Exact copies of all the entries below are expected in the answer.

━━━━━━━━━━━━━━━━

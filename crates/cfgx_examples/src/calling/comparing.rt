//! What comparisons tell a caller. Each clause follows from the contract of the call alone.
ghost use Rattle.std.specs.Prelude.{◌≡◌, ◌↔◌, IsPermutation, IsTrue, List, ℕ};
ghost use Rattle.std.specs.Cmp.Lexicographic.{slice_cmp};
ghost use Rattle.std.specs.Ordering.{nat_cmp};
ghost use Rattle.cfgx_syntax.specs.Error.{cause_of, failure_of, fault_of};
ghost use Rattle.cfgx_syntax.specs.Lexer.{token_of};
ghost use Rattle.cfgx_fields.specs.{Endian.endian_cmp, HasAtomic.atomic_cmp};
ghost use Rattle.cfgx_targets.specs.{SortedList.IsSortedFrom, TargetInfo.info_cmp};

use cfgx_engine::resolve::Verdict;
use cfgx_fields::Arch;
use cfgx_fields::atomic::{HasAtomic, HasAtomicFailure};
use cfgx_fields::endian::Endian;
use cfgx_fields::error::HasAtomicParseError;
use cfgx_syntax::error::{Failure, ParseError, Reason};
use cfgx_syntax::lexer::Token;
use cfgx_syntax::logic::Kleene64;
use cfgx_targets::atomics::HasAtomics;
use cfgx_targets::families::Families;
use cfgx_targets::info::TargetInfo;
use std::alloc::Allocator;
use std::cmp::Ordering;

/// Returns whether two reasons have the same variant, number and terms.
pub fn are_equal_reasons(one: &Reason, other: &Reason) -> bool
    ensures { IsTrue result ↔ (cause_of one.now ≡ cause_of other.now) }
{
    *one == *other
}

/// Returns whether two faults have the same text, span and reason.
pub fn are_equal_faults<A: Allocator>(one: &ParseError<A>, other: &ParseError<A>) -> bool
    ensures { IsTrue result ↔ (fault_of one.now ≡ fault_of other.now) }
{
    *one == *other
}

/// Returns whether two failures are the same fault, or both out of memory.
pub fn are_equal_failures<A: Allocator>(one: &Failure<A>, other: &Failure<A>) -> bool
    ensures { IsTrue result ↔ (failure_of one.now ≡ failure_of other.now) }
{
    *one == *other
}

/// Returns whether two tokens are of one kind, with the same text if they have one.
pub fn are_equal_tokens(one: &Token<'_>, other: &Token<'_>) -> bool
    ensures { IsTrue result ↔ (token_of one.now ≡ token_of other.now) }
{
    *one == *other
}

/// Returns whether both planes are equal.
pub fn are_equal_lanes(one: Kleene64, other: Kleene64) -> bool
    ensures { IsTrue result ↔ (one ≡ other) }
{
    one == other
}

/// Returns whether two fields have the same text.
pub fn are_equal_fields<A: Allocator>(one: &Arch<'_, A>, other: &Arch<'_, A>) -> bool
    ensures { IsTrue result ↔ (one.now ≡ other.now) }
{
    *one == *other
}

/// Returns the order of two fields, by their bytes.
pub fn order_of_fields<A: Allocator>(one: &Arch<'_, A>, other: &Arch<'_, A>) -> Ordering
    ensures { result ≡ slice_cmp nat_cmp one.now other.now }
{
    one.cmp(other)
}

/// Returns whether two byte orders are the same.
pub fn are_equal_byte_orders(one: Endian, other: Endian) -> bool
    ensures { IsTrue result ↔ (one ≡ other) }
{
    one == other
}

/// Returns the order of two byte orders: `big` is below `little`.
pub fn order_of_byte_orders(one: Endian, other: Endian) -> Ordering
    ensures { result ≡ endian_cmp one other }
{
    one.cmp(&other)
}

/// Returns whether two widths are the same.
pub fn are_equal_widths(one: HasAtomic, other: HasAtomic) -> bool
    ensures { IsTrue result ↔ (one ≡ other) }
{
    one == other
}

/// Returns the order of two widths: by the number of bits, and then the pointer's.
pub fn order_of_widths(one: HasAtomic, other: HasAtomic) -> Ordering
    ensures { result ≡ atomic_cmp one other }
{
    one.cmp(&other)
}

/// Returns whether two faults of widths have the same text.
pub fn are_equal_width_faults<A: Allocator>(
    one: &HasAtomicParseError<A>,
    other: &HasAtomicParseError<A>,
) -> bool
    ensures { IsTrue result ↔ (one.now ≡ other.now) }
{
    *one == *other
}

/// Returns whether two failures of widths are faults of the same text, or both out of memory.
pub fn are_equal_width_failures<A: Allocator>(
    one: &HasAtomicFailure<A>,
    other: &HasAtomicFailure<A>,
) -> bool
    ensures { IsTrue result ↔ (one.now ≡ other.now) }
{
    *one == *other
}

/// Returns whether two lists have the same members in the same places. They do exactly if the items
/// of one are a permutation of the items of the other.
pub fn are_equal_families<A: Allocator>(one: &Families<'_, A>, other: &Families<'_, A>) -> bool
    ensures same { IsTrue result ↔ (one.now ≡ other.now) }
    ensures rearranged { (items others : List (List ℕ)) →
        IsSortedFrom (slice_cmp nat_cmp) items one.now →
        IsSortedFrom (slice_cmp nat_cmp) others other.now →
        (IsTrue result ↔ IsPermutation items others) }
{
    *one == *other
}

/// Returns the order of two lists of families, by their members in turn.
pub fn order_of_families<A: Allocator>(one: &Families<'_, A>, other: &Families<'_, A>) -> Ordering
    ensures { result ≡ slice_cmp (slice_cmp nat_cmp) one.now other.now }
{
    one.cmp(other)
}

/// Returns whether two lists of widths have the same members in the same places.
pub fn are_equal_atomics<A: Allocator>(one: &HasAtomics<A>, other: &HasAtomics<A>) -> bool
    ensures { IsTrue result ↔ (one.now ≡ other.now) }
{
    *one == *other
}

/// Returns the order of two lists of widths, by their members in turn.
pub fn order_of_atomics<A: Allocator>(one: &HasAtomics<A>, other: &HasAtomics<A>) -> Ordering
    ensures { result ≡ slice_cmp atomic_cmp one.now other.now }
{
    one.cmp(other)
}

/// Returns whether two targets have the same fields.
pub fn are_equal_targets<A: Allocator>(one: &TargetInfo<'_, A>, other: &TargetInfo<'_, A>) -> bool
    ensures { IsTrue result ↔ (one.now ≡ other.now) }
{
    *one == *other
}

/// Returns the order of two targets, by their fields in turn.
pub fn order_of_targets<A: Allocator>(
    one: &TargetInfo<'_, A>,
    other: &TargetInfo<'_, A>,
) -> Ordering
    ensures { result ≡ info_cmp one.now other.now }
{
    one.cmp(other)
}

/// Returns whether two verdicts are the same.
pub fn are_equal_verdicts(one: Verdict, other: Verdict) -> bool
    ensures { IsTrue result ↔ (one ≡ other) }
{
    one == other
}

━━━━━━━━━━━━━━━━

▸ **Answer box**
filename crates/cfgx_examples/src/calling/comparing.rt
//! What comparisons tell a caller. Each clause follows from the contract of the call alone.
ghost use Rattle.std.specs.Prelude.{◌≡◌, ◌↔◌, IsPermutation, IsTrue, List, ℕ};
ghost use Rattle.std.specs.Cmp.Lexicographic.{slice_cmp};
ghost use Rattle.std.specs.Ordering.{nat_cmp};
ghost use Rattle.cfgx_syntax.specs.Error.{cause_of, failure_of, fault_of};
ghost use Rattle.cfgx_syntax.specs.Lexer.{token_of};
ghost use Rattle.cfgx_fields.specs.{Endian.endian_cmp, HasAtomic.atomic_cmp};
ghost use Rattle.cfgx_targets.specs.{SortedList.IsSortedFrom, TargetInfo.info_cmp};

use cfgx_engine::resolve::Verdict;
use cfgx_fields::Arch;
use cfgx_fields::atomic::{HasAtomic, HasAtomicFailure};
use cfgx_fields::endian::Endian;
use cfgx_fields::error::HasAtomicParseError;
use cfgx_syntax::error::{Failure, ParseError, Reason};
use cfgx_syntax::lexer::Token;
use cfgx_syntax::logic::Kleene64;
use cfgx_targets::atomics::HasAtomics;
use cfgx_targets::families::Families;
use cfgx_targets::info::TargetInfo;
use std::alloc::Allocator;
use std::cmp::Ordering;

/// Returns whether two reasons have the same variant, number and terms.
pub fn are_equal_reasons(one: &Reason, other: &Reason) -> bool
    ensures { IsTrue result ↔ (cause_of one.now ≡ cause_of other.now) }
{
    *one == *other
}

/// Returns whether two faults have the same text, span and reason.
pub fn are_equal_faults<A: Allocator>(one: &ParseError<A>, other: &ParseError<A>) -> bool
    ensures { IsTrue result ↔ (fault_of one.now ≡ fault_of other.now) }
{
    *one == *other
}

/// Returns whether two failures are the same fault, or both out of memory.
pub fn are_equal_failures<A: Allocator>(one: &Failure<A>, other: &Failure<A>) -> bool
    ensures { IsTrue result ↔ (failure_of one.now ≡ failure_of other.now) }
{
    *one == *other
}

/// Returns whether two tokens are of one kind, with the same text if they have one.
pub fn are_equal_tokens(one: &Token<'_>, other: &Token<'_>) -> bool
    ensures { IsTrue result ↔ (token_of one.now ≡ token_of other.now) }
{
    *one == *other
}

/// Returns whether both planes are equal.
pub fn are_equal_lanes(one: Kleene64, other: Kleene64) -> bool
    ensures { IsTrue result ↔ (one ≡ other) }
{
    one == other
}

/// Returns whether two fields have the same text.
pub fn are_equal_fields<A: Allocator>(one: &Arch<'_, A>, other: &Arch<'_, A>) -> bool
    ensures { IsTrue result ↔ (one.now ≡ other.now) }
{
    *one == *other
}

/// Returns the order of two fields, by their bytes.
pub fn order_of_fields<A: Allocator>(one: &Arch<'_, A>, other: &Arch<'_, A>) -> Ordering
    ensures { result ≡ slice_cmp nat_cmp one.now other.now }
{
    one.cmp(other)
}

/// Returns whether two byte orders are the same.
pub fn are_equal_byte_orders(one: Endian, other: Endian) -> bool
    ensures { IsTrue result ↔ (one ≡ other) }
{
    one == other
}

/// Returns the order of two byte orders: `big` is below `little`.
pub fn order_of_byte_orders(one: Endian, other: Endian) -> Ordering
    ensures { result ≡ endian_cmp one other }
{
    one.cmp(&other)
}

/// Returns whether two widths are the same.
pub fn are_equal_widths(one: HasAtomic, other: HasAtomic) -> bool
    ensures { IsTrue result ↔ (one ≡ other) }
{
    one == other
}

/// Returns the order of two widths: by the number of bits, and then the pointer's.
pub fn order_of_widths(one: HasAtomic, other: HasAtomic) -> Ordering
    ensures { result ≡ atomic_cmp one other }
{
    one.cmp(&other)
}

/// Returns whether two faults of widths have the same text.
pub fn are_equal_width_faults<A: Allocator>(
    one: &HasAtomicParseError<A>,
    other: &HasAtomicParseError<A>,
) -> bool
    ensures { IsTrue result ↔ (one.now ≡ other.now) }
{
    *one == *other
}

/// Returns whether two failures of widths are faults of the same text, or both out of memory.
pub fn are_equal_width_failures<A: Allocator>(
    one: &HasAtomicFailure<A>,
    other: &HasAtomicFailure<A>,
) -> bool
    ensures { IsTrue result ↔ (one.now ≡ other.now) }
{
    *one == *other
}

/// Returns whether two lists have the same members in the same places. They do exactly if the items
/// of one are a permutation of the items of the other.
pub fn are_equal_families<A: Allocator>(one: &Families<'_, A>, other: &Families<'_, A>) -> bool
    ensures same { IsTrue result ↔ (one.now ≡ other.now) }
    ensures rearranged { (items others : List (List ℕ)) →
        IsSortedFrom (slice_cmp nat_cmp) items one.now →
        IsSortedFrom (slice_cmp nat_cmp) others other.now →
        (IsTrue result ↔ IsPermutation items others) }
{
    *one == *other
}

/// Returns the order of two lists of families, by their members in turn.
pub fn order_of_families<A: Allocator>(one: &Families<'_, A>, other: &Families<'_, A>) -> Ordering
    ensures { result ≡ slice_cmp (slice_cmp nat_cmp) one.now other.now }
{
    one.cmp(other)
}

/// Returns whether two lists of widths have the same members in the same places.
pub fn are_equal_atomics<A: Allocator>(one: &HasAtomics<A>, other: &HasAtomics<A>) -> bool
    ensures { IsTrue result ↔ (one.now ≡ other.now) }
{
    *one == *other
}

/// Returns the order of two lists of widths, by their members in turn.
pub fn order_of_atomics<A: Allocator>(one: &HasAtomics<A>, other: &HasAtomics<A>) -> Ordering
    ensures { result ≡ slice_cmp atomic_cmp one.now other.now }
{
    one.cmp(other)
}

/// Returns whether two targets have the same fields.
pub fn are_equal_targets<A: Allocator>(one: &TargetInfo<'_, A>, other: &TargetInfo<'_, A>) -> bool
    ensures { IsTrue result ↔ (one.now ≡ other.now) }
{
    *one == *other
}

/// Returns the order of two targets, by their fields in turn.
pub fn order_of_targets<A: Allocator>(
    one: &TargetInfo<'_, A>,
    other: &TargetInfo<'_, A>,
) -> Ordering
    ensures { result ≡ info_cmp one.now other.now }
{
    one.cmp(other)
}

/// Returns whether two verdicts are the same.
pub fn are_equal_verdicts(one: Verdict, other: Verdict) -> bool
    ensures { IsTrue result ↔ (one ≡ other) }
{
    one == other
}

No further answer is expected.